Tapentadol (Paliex™, Nucynta™) is a synthetic opioid agonist and noradrenaline-reuptake inhibitor. Similar to and based upon tramadol, although with much weaker inhibition (by design) of serotonin reuptake.
- Synthetic analgesic of 'amino-cyclo-hexanol' group.
- Unlike tramadol, prepared as only the (R,R) stereoisomer (weakest opioid activity).
- Oral: 50, 75 & 100 mg immediate release, and 50,100,150 & 200 mg extended release preparations.
- No parenteral preparation is approved for use.
- Dose: 50-200 mg bd/qid for immediate release preparations, 50-200mg bd for extended release.
- approximately double potency of tramadol, similar to oxycodone and between tramadol and morphine.

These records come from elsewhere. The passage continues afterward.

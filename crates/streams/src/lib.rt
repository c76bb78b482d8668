// What the programs do with their arguments and their standard input.
#![tactic(auto)]

ghost use Rattle.std.specs.Prelude.{◌≤◌, length, take};
ghost use Rattle.std.specs.Io.KnownBytes.{Consumes};

use std::env::FillError;
use std::io::Read;
use std::rt::Env;

// Whether a program was given arguments, of whatever bytes.
pub fn has_arguments(rt: &impl Env) -> bool {
    let mut none = [0u8; 0];
    !matches!(rt.arg(1, &mut none), Err(FillError::NotPresent))
}

// Reads until the buffer is full, the input ends or a read fails: how many bytes it put at the buffer's front.
pub fn read_full<R: Read>(input: &mut R, buffer: &mut [u8]) -> usize
    ensures bound { result ≤ length buffer.new }
    ensures bytes { Consumes (R.remaining input.old) (R.remaining input.new) (take result buffer.new) }
{
    let mut done = 0;
    while done < buffer.len() {
        match input.read(&mut buffer[done..]) {
            Ok(0) | Err(_) => break,
            Ok(n) => done += n,
        }
    }
    done
}

#[cfg(test)]
mod tests {
    use super::*;
    use std::io;

    // Arguments without the program's name.
    struct Given<'a>(&'a [&'a [u8]]);

    impl<'a> Env for Given<'a> {
        fn arg(&self, i: usize, buf: &mut [u8]) -> Result<usize, FillError> {
            if i == 0 {
                return Ok(0);
            }
            match self.0.get(i - 1) {
                None => Err(FillError::NotPresent),
                Some(word) if word.len() > buf.len() => Err(FillError::TooLong),
                Some(_) => Ok(0),
            }
        }

        fn var(&self, _name: &str, _buf: &mut [u8]) -> Result<usize, FillError> {
            Err(FillError::NotPresent)
        }

        fn var_at(&self, _i: usize, _buf: &mut [u8]) -> Result<usize, FillError> {
            Err(FillError::NotPresent)
        }
    }

    // Gives one byte a read, 1, 2, 3 and so on, and fails where none is left.
    #[derive(Drop)]
    struct Broken {
        given: u8,
        most: u8,
    }

    impl Read for Broken {
        fn read(&mut self, buf: &mut [u8]) -> io::Result<usize> {
            if self.given >= self.most {
                return Err(io::Error::from(io::ErrorKind::Other));
            }
            if buf.is_empty() {
                return Ok(0);
            }
            self.given += 1;
            buf[0] = self.given;
            Ok(1)
        }
    }

    #[test]
    fn arguments_of_any_bytes_count(rt: HostRuntime) {
        assert!(rt; !has_arguments(&Given(&[])));
        assert!(rt; has_arguments(&Given(&[b""])));
        assert!(rt; has_arguments(&Given(&[b"--help"])));
        assert!(rt; has_arguments(&Given(&[b"\xff", b"x"])));
    }

    #[test]
    fn a_failed_read_ends_the_input(rt: HostRuntime) {
        let mut buffer = [0u8; 4];
        let mut input = Broken { given: 0, most: 2 };
        assert_eq!(rt; read_full(&mut input, &mut buffer), 2);
        assert_eq!(rt; buffer, [1, 2, 0, 0]);
    }

    #[test]
    fn a_full_buffer_ends_the_reading(rt: HostRuntime) {
        let mut buffer = [0u8; 4];
        let mut input: &[u8] = b"abcdef";
        assert_eq!(rt; read_full(&mut input, &mut buffer), 4);
        assert_eq!(rt; buffer, *b"abcd");
        assert_eq!(rt; input, b"ef".as_slice());
        assert_eq!(rt; read_full(&mut input, &mut buffer), 2);
        assert_eq!(rt; buffer, *b"efcd");
    }
}
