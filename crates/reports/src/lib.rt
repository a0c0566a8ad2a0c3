//! What a report says of a trace: definitions, and laws over them.
#![tactic(auto)]

pub mod laws;
#[cfg(test)]
mod tests;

- Absorption - po (only 32% biov)
- increasing doses have a non-linear effect on increasing peak plasma concentration, thus higher doses result in disproportionately higher Cmax.
- Distribution - ~8 L/kg (higher than tramadol).
- Protein binding - 20% (low!)
- Onset 30 min; Offset 4-6 h
- Metabolism - t½ 4h
- hepatic conjugation with glucuronic acid → glucuronides is main pathway (tapentadol-O-glucuronide); p450 metabolism to N-desmethyl tapentadol and hydroxyl tapentadol.
- No known active metabolites
- 99% excreted in urine, 1% in faecies.
- Clearance - 22 mL/kg/min
- Mech - weak mu agonists (30% of action / 18x less affinity than morphine) ; inhibits NAd reuptake (through indirect activation of post-synaptic alpha-2 adrenoreceptors), activating descending NAd (70%) modulating pain pathways.
- CNS - analgesia, good for neuropathic pain, low(er) incidence of tolerance & dependence, lowers seizure threshold, dizziness, sweating, ⇡ ICP.
- CVS - few CVS effects. Some tachycardia and flushing.
- Resp - little respiratory depression.
- Renal - possible caution in renal failure, although no active metabolites even if 99% renal excreted.
- GIT - Nausea & vomiting (less than tramadol), minimal constipation, more biliary spasm than tramadol.
- SEs - interacts with MAOI (adrenergic storm), SSRIs (serotonin syndrome).
- Although thought to have less abuse potential than other common opioids, it is still classed as a Schedule 2 drug in the US, Schedule 1 in Canada, Class A controlled drug in the UK and S8 in Australia.
- Safety of tapentadol in pregnant, lactating women, and pediatric patients is not yet established.